----- Input for this task -----
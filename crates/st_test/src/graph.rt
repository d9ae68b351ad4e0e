//! An embedded planar st-graph, which keeps that it is one.
ghost use Rattle.std.specs.Prelude.{◌≡◌, ◌<◌};
ghost use Rattle.st_map.specs.Embedded.{darts};
ghost use Rattle.st_test.specs.FaceNumbers.{AreFaces, orbit_number};
ghost use Rattle.st_test.specs.Planar.{IsPlanarSt};

use crate::digraph_fault::Poles;
use crate::orbits::Faces;
use st_ids::{Dart, OrbitId, VertexId};
use st_map::Map;
use std::marker::Model;

/// An embedded planar st-graph with its faces. A contract sees the record `StValue`.
#[derive(Drop)]
pub struct StGraph {
    map: Map,
    faces: Faces,
    poles: Poles,
    outer: Dart,
}

impl Model for StGraph {
    ghost use Rattle.st_test.specs.FaceNumbers.{AreFaces};
    ghost use Rattle.st_test.specs.Planar.{IsPlanarSt, StValue};

    ghost Value = { StValue };

    ghost view = { λ a. record { map = a.map; source = a.poles.source.0; sink = a.poles.sink.0; outer = a.outer.0 } };

    ghost invariant = { λ a. IsPlanarSt a.map.graph a.poles.source.0 a.poles.sink.0 a.outer.0 × AreFaces a.map.graph a.faces };
}

impl StGraph {
    /// The graph of a map that was tested.
    pub(crate) fn of(map: Map, faces: Faces, poles: Poles, outer: Dart) -> StGraph
        requires planar { IsPlanarSt map.graph poles.source.0 poles.sink.0 outer.0 }
        requires faces { AreFaces map.graph faces }
        ensures { result ≡ record { map = map; source = poles.source.0; sink = poles.sink.0; outer = outer.0 } }
    {
        StGraph {
            map,
            faces,
            poles,
            outer,
        }
    }

    /// The map of the graph.
    pub fn map(&self) -> &Map
        ensures value { result.now ≡ self.now.map }
        ensures planar { IsPlanarSt self.now.map.graph self.now.source self.now.sink self.now.outer }
    {
        &self.map
    }

    /// The faces of the graph.
    pub fn faces(&self) -> &Faces
        ensures { AreFaces self.now.map.graph result.now }
    {
        &self.faces
    }

    /// The one vertex without an edge in.
    pub fn source(&self) -> VertexId
        ensures value { result.0 ≡ self.now.source }
        ensures within { result.0 < self.now.map.graph.vertices }
    {
        self.poles.source
    }

    /// The one vertex without an edge out.
    pub fn sink(&self) -> VertexId
        ensures value { result.0 ≡ self.now.sink }
        ensures within { result.0 < self.now.map.graph.vertices }
    {
        self.poles.sink
    }

    /// The outer face.
    pub fn outer(&self) -> OrbitId
        ensures { result.0 ≡ orbit_number self.now.map.graph self.now.outer }
    {
        self.faces.orbit(self.outer)
    }

    /// The end that names the outer face: the one that was handed in, else the first in the order of the source.
    pub fn outer_end(&self) -> Dart
        ensures value { result.0 ≡ self.now.outer }
        ensures within { result.0 < darts self.now.map.graph }
    {
        self.outer
    }

    /// The map, given back.
    pub fn into_map(self) -> Map
        ensures { result ≡ self.map }
    {
        self.map
    }
}
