/// Reads the tree of bytes that come in pieces.
#[derive(Drop)]
pub struct TreeReader {
    alloc: Global,
    state: State,
    builder: Builder,
    fault: Option<GmlFault>,
    fed: u32,
}

impl TreeReader {
    /// A reader that was fed nothing. It takes no memory.
    pub fn new(alloc: Global) -> TreeReader
        ensures { TreeStandsFor result [] }
    {
        TreeReader {
            alloc,
            state: State::Start,
            builder: Builder::new(alloc),
            fault: None,
            fed: 0,
        }
    }

    /// Takes bytes of the rest, by one look, and answers how many.
    fn look_on(&mut self, rest: &[u8]) -> Result<usize, NoMemory>
        requires placed { IsPlaced self.old.state self.old.fed }
        requires some { 0 < length rest.now }
        requires fits { self.old.fed + length rest.now < 2 ^ 32 }
        ensures within { IfOk result (λ n. n ≤ length rest.now) }
        ensures fed { IfOk result (λ n. self.new.fed ≡ self.old.fed + n) }
        ensures less { IfOk result (λ n. rank self.new.state < 2 * n + rank self.old.state) }
        ensures placed { OnOk result (IsPlaced self.new.state self.new.fed) }
        ensures reads { IfOk result (λ n. (b : List ℕ) → TreeReads self.old b rest.now → TreeReads self.new b (drop n rest.now)) }
    {
        let state = mem::replace(&mut self.state, State::Between);
        match &self.fault {
            None => {}
            Some(_) => {
                self.fed += rest.len() as u32;
                return Ok(rest.len());
            }
        }
        let seen = look(self.alloc, state, self.fed, rest)?;
        match seen {
            Seen::More { state, taken } => {
                self.state = state;
                self.fed += taken as u32;
                Ok(taken)
            }
            Seen::Whole {
                token,
                held,
                part,
                taken,
            } => {
                let text = text_of(&held, &rest[..part]);
                match self.builder.take(self.alloc, token.kind, token.from, text) {
                    Ok(()) => {
                        self.fed += taken as u32;
                        Ok(taken)
                    }
                    Err(fault) => match fault {
                        GmlFault::NoMemory => Err(NoMemory),
                        fault => {
                            self.fault = Some(fault);
                            self.fed += rest.len() as u32;
                            Ok(rest.len())
                        }
                    },
                }
            }
        }
    }

    /// Takes white space, or a token that ends within the rest, or else what one look takes.
    #[inline(never)]
    fn take_one(&mut self, rest: &[u8]) -> Result<usize, NoMemory>
        requires placed { IsPlaced self.old.state self.old.fed }
        requires some { 0 < length rest.now }
        requires fits { self.old.fed + length rest.now < 2 ^ 32 }
        ensures within { IfOk result (λ n. n ≤ length rest.now) }
        ensures fed { IfOk result (λ n. self.new.fed ≡ self.old.fed + n) }
        ensures less { IfOk result (λ n. rank self.new.state < 2 * n + rank self.old.state) }
        ensures placed { OnOk result (IsPlaced self.new.state self.new.fed) }
        ensures reads { IfOk result (λ n. (b : List ℕ) → TreeReads self.old b rest.now → TreeReads self.new b (drop n rest.now)) }
    {
        match self.state {
            State::Between => {}
            _ => return self.look_on(rest),
        }
        match &self.fault {
            None => {}
            Some(_) => return self.look_on(rest),
        }
        if is_space(rest[0]) {
            let n = spaces(rest);
            self.fed += n as u32;
            return Ok(n);
        }
        match whole(rest) {
            None => self.look_on(rest),
            Some(found) => {
                let text = &rest[..found.len];
                match self.builder.take(self.alloc, found.kind, self.fed, text) {
                    Ok(()) => {
                        self.fed += found.len as u32;
                        Ok(found.len)
                    }
                    Err(fault) => match fault {
                        GmlFault::NoMemory => Err(NoMemory),
                        fault => {
                            self.fault = Some(fault);
                            self.fed += rest.len() as u32;
                            Ok(rest.len())
                        }
                    },
                }
            }
        }
    }

    /// Takes a string or a real that ends within the rest, or else what `take_one` takes.
    #[inline(never)]
    fn take_value(&mut self, rest: &[u8]) -> Result<usize, NoMemory>
        requires between { self.old.state ≡ State.Between }
        requires goes { self.old.fault ≡ None }
        requires some { 0 < length rest.now }
        requires fits { self.old.fed + length rest.now < 2 ^ 32 }
        ensures within { IfOk result (λ n. n ≤ length rest.now) }
        ensures fed { IfOk result (λ n. self.new.fed ≡ self.old.fed + n) }
        ensures less { IfOk result (λ n. rank self.new.state < 2 * n + rank self.old.state) }
        ensures placed { OnOk result (IsPlaced self.new.state self.new.fed) }
        ensures reads { IfOk result (λ n. (b : List ℕ) → TreeReads self.old b rest.now → TreeReads self.new b (drop n rest.now)) }
    {
        let n = self.builder.atom_quickly(self.alloc, self.fed, rest)?;
        if n == 0 {
            return self.take_one(rest);
        }
        self.fed += n as u32;
        Ok(n)
    }

    /// Takes a pair at once where it can, or else what `take_one` takes.
    #[inline(always)]
    fn take(&mut self, rest: &[u8]) -> Result<usize, NoMemory>
        requires placed { IsPlaced self.old.state self.old.fed }
        requires some { 0 < length rest.now }
        requires fits { self.old.fed + length rest.now < 2 ^ 32 }
        ensures within { IfOk result (λ n. n ≤ length rest.now) }
        ensures fed { IfOk result (λ n. self.new.fed ≡ self.old.fed + n) }
        ensures less { IfOk result (λ n. rank self.new.state < 2 * n + rank self.old.state) }
        ensures placed { OnOk result (IsPlaced self.new.state self.new.fed) }
        ensures reads { IfOk result (λ n. (b : List ℕ) → TreeReads self.old b rest.now → TreeReads self.new b (drop n rest.now)) }
    {
        match self.state {
            State::Between => {}
            _ => return self.look_on(rest),
        }
        match &self.fault {
            None => {}
            Some(_) => return self.look_on(rest),
        }
        if !self.builder.is_at_pair() {
            return self.take_value(rest);
        }
        let n = self.builder.take_quickly(self.alloc, self.fed, rest)?;
        if n == 0 {
            return self.take_one(rest);
        }
        self.fed += n as u32;
        Ok(n)
    }

    /// Takes a piece, and gives the reader up where memory runs out.
    ///
    /// Cost: O(piece) time, and no copy but of a token that the piece's ends cut. After a fault bytes are only counted.
    pub fn feed(self, piece: &[u8]) -> Result<TreeReader, NoMemory>
        requires { (b : List ℕ) × TreeStandsFor self b × (length b + length piece.now < 2 ^ 32) }
        ensures { (b : List ℕ) → TreeStandsFor self b → IfOk result (λ r. TreeStandsFor r (b ++ piece.now)) }
    {
        let mut reader = self;
        let mut at = 0;
        while at < piece.len() {
            let n = reader.take(&piece[at..])?;
            at += n;
        }
        Ok(reader)
    }

    /// How many bytes it was fed.
    pub fn fed(&self) -> u32
        ensures { (b : List ℕ) → TreeStandsFor self.now b → result ≡ length b }
    {
        self.fed
    }

    fn end(self) -> Result<Tree, GmlFault>
        requires { (b : List ℕ) × TreeStandsFor self b }
        ensures ok { (b : List ℕ) → TreeStandsFor self b → IfOk result (λ t. IsText b (view t)) }
        ensures err { (b : List ℕ) → TreeStandsFor self b → IfErr result (λ e. e ≢ GmlFault.NoMemory → IsFirstFault b e) }
    {
        let TreeReader {
            alloc,
            state,
            mut builder,
            fault,
            fed,
        } = self;
        match fault {
            Some(fault) => Err(fault),
            None => match at_end(state, fed) {
                Err(fault) => Err(fault),
                Ok(None) => builder.finish(alloc),
                Ok(Some(last)) => {
                    match builder.take(alloc, last.token.kind, last.token.from, last.text.bytes()) {
                        Err(fault) => Err(fault),
                        Ok(()) => builder.finish(alloc),
                    }
                }
            },
        }
    }

    /// What `parse` answers for the bytes fed.
    pub fn finish(self) -> Result<Tree, GmlFault>
        requires { (b : List ℕ) × TreeStandsFor self b }
        ensures text { (b : List ℕ) → TreeStandsFor self b → IfOk result (λ t. IsText b (view t)) }
        ensures fault { (b : List ℕ) → TreeStandsFor self b → IfErr result (λ e. e ≢ GmlFault.NoMemory → IsFirstFault b e) }

        ensures sound { IfOk result (λ t. IsSound (view t)) }

        // There is no other answer, unless memory runs out.
        ensures only_text { (b : List ℕ) → TreeStandsFor self b → (t : Entries) → IsText b t → MatchResult result (λ u. view u ≡ t) (λ e. e ≡ GmlFault.NoMemory) }
        ensures only_fault { (b : List ℕ) → TreeStandsFor self b → (f : GmlFault) → IsFirstFault b f → MatchResult result (λ _. ⊥) (λ e. (e ≡ f) ⊎ (e ≡ GmlFault.NoMemory)) }

        // What is printed is read again, apart from places.
        ensures again { (b : List ℕ) → TreeStandsFor self b → (t : Entries) → IsSound t → b ≡ printed t
            → MatchResult result (λ u. at_zero (view u) ≡ at_zero t) (λ e. e ≡ GmlFault.NoMemory) }
    {
        self.end()
    }
}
-----
» **Exercise directions**
In the material above, tally every line with the string "VertexId" in it, then give that number alone.

» **Solution to this exercise**
3